Problem details →
Starting with the line that contains "filename crates/vcm_test_tools/src/lib.rt" and stopping after the line that contains "filename crates/vcm_test_tools/src/sweep.rt", copy the entries below exactly. Include nothing else.

Stored data entries →
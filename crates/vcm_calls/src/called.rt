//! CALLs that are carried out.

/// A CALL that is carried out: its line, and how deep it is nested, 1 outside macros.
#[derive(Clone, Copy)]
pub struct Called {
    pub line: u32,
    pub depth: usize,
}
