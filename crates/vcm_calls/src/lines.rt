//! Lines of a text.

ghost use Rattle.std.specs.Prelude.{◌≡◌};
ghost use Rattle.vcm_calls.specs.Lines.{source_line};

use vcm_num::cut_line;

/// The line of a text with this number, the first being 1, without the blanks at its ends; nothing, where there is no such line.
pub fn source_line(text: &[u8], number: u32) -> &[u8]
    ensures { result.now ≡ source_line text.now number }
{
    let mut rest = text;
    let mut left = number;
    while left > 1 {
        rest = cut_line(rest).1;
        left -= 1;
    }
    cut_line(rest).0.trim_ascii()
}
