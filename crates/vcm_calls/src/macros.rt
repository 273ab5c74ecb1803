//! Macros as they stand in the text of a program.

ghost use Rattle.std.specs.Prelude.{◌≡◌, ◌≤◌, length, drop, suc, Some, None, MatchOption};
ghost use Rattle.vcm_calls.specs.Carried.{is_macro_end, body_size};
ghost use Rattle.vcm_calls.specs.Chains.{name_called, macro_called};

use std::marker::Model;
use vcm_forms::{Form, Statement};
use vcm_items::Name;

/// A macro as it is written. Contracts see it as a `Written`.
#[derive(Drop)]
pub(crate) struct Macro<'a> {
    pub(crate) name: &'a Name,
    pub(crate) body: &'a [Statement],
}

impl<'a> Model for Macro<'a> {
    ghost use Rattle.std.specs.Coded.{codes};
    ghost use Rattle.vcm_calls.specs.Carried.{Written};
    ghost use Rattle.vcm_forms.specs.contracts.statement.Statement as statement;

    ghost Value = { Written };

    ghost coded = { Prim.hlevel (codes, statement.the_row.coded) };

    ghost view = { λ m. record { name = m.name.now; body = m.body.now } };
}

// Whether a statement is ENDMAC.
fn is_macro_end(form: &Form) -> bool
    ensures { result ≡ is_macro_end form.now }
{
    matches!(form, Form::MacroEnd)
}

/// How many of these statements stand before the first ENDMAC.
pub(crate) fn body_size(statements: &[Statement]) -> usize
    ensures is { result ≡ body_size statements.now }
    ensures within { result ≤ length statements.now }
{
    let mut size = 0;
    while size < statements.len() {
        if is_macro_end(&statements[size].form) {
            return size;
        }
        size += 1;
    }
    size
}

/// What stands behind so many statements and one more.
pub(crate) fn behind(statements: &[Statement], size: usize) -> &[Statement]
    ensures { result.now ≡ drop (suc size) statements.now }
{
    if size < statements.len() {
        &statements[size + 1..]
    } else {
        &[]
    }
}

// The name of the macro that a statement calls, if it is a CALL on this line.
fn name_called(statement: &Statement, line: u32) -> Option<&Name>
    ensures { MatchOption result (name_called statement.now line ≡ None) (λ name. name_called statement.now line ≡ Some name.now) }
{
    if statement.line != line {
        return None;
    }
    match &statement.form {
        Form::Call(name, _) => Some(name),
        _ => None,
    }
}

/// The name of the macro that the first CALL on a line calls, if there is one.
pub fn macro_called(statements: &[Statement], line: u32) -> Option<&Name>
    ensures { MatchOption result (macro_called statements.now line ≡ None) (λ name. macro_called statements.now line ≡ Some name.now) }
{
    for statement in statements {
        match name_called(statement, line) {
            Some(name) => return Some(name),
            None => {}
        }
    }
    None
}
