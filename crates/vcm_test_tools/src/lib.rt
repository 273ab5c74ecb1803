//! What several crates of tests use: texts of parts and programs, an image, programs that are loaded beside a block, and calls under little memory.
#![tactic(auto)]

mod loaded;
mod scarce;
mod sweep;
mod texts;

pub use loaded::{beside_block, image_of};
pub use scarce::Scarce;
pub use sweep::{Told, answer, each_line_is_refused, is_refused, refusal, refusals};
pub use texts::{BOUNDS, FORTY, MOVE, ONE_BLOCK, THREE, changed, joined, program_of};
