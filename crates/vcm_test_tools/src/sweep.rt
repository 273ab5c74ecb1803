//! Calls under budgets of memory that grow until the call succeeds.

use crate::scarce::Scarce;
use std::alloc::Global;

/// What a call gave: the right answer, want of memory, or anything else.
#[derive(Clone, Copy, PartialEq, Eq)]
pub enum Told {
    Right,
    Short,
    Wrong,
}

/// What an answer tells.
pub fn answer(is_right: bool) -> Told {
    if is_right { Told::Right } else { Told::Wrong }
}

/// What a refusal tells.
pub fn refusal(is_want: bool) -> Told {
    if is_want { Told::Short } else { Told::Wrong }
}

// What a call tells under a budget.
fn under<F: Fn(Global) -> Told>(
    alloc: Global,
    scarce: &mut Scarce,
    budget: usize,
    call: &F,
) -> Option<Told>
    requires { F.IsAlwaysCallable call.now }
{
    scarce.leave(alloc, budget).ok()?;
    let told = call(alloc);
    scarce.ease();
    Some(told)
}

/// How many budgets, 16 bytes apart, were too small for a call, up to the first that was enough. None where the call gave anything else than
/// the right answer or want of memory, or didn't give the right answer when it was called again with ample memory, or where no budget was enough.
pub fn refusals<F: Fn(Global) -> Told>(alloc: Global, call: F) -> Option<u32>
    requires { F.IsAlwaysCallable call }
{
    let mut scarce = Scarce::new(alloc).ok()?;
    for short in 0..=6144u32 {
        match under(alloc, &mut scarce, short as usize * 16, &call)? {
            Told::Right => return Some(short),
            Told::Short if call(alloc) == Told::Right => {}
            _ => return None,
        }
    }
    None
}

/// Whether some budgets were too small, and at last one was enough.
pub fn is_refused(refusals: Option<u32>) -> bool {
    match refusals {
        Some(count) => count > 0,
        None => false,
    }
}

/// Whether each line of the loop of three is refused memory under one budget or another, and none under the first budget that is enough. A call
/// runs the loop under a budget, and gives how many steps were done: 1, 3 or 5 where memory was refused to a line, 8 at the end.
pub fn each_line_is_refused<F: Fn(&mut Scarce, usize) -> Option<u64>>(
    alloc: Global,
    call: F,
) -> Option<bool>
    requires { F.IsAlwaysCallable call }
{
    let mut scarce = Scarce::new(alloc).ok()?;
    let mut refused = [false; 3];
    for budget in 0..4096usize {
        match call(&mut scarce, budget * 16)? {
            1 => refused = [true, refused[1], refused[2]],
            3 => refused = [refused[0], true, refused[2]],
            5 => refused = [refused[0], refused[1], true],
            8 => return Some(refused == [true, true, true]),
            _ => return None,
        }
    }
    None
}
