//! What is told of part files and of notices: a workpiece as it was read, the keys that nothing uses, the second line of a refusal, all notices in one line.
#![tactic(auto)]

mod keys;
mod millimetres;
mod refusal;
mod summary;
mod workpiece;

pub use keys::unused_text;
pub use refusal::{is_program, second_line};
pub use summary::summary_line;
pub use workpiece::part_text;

--

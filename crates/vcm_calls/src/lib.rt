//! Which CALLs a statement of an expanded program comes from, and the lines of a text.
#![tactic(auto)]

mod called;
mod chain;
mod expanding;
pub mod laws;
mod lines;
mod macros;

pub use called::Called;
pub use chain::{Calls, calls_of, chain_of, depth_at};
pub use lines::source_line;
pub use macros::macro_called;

Solution →
filename crates/vcm_test_tools/src/lib.rt
repository 273ab5c74ecb1803
//! What several crates of tests use: texts of parts and programs, an image, programs that are loaded beside a block, and calls under little memory.
#![tactic(auto)]

mod loaded;
mod scarce;
mod sweep;
mod texts;

pub use loaded::{beside_block, image_of};
pub use scarce::Scarce;
pub use sweep::{Told, answer, each_line_is_refused, is_refused, refusal, refusals};
pub use texts::{BOUNDS, FORTY, MOVE, ONE_BLOCK, THREE, changed, joined, program_of};
filename crates/vcm_test_tools/src/sweep.rt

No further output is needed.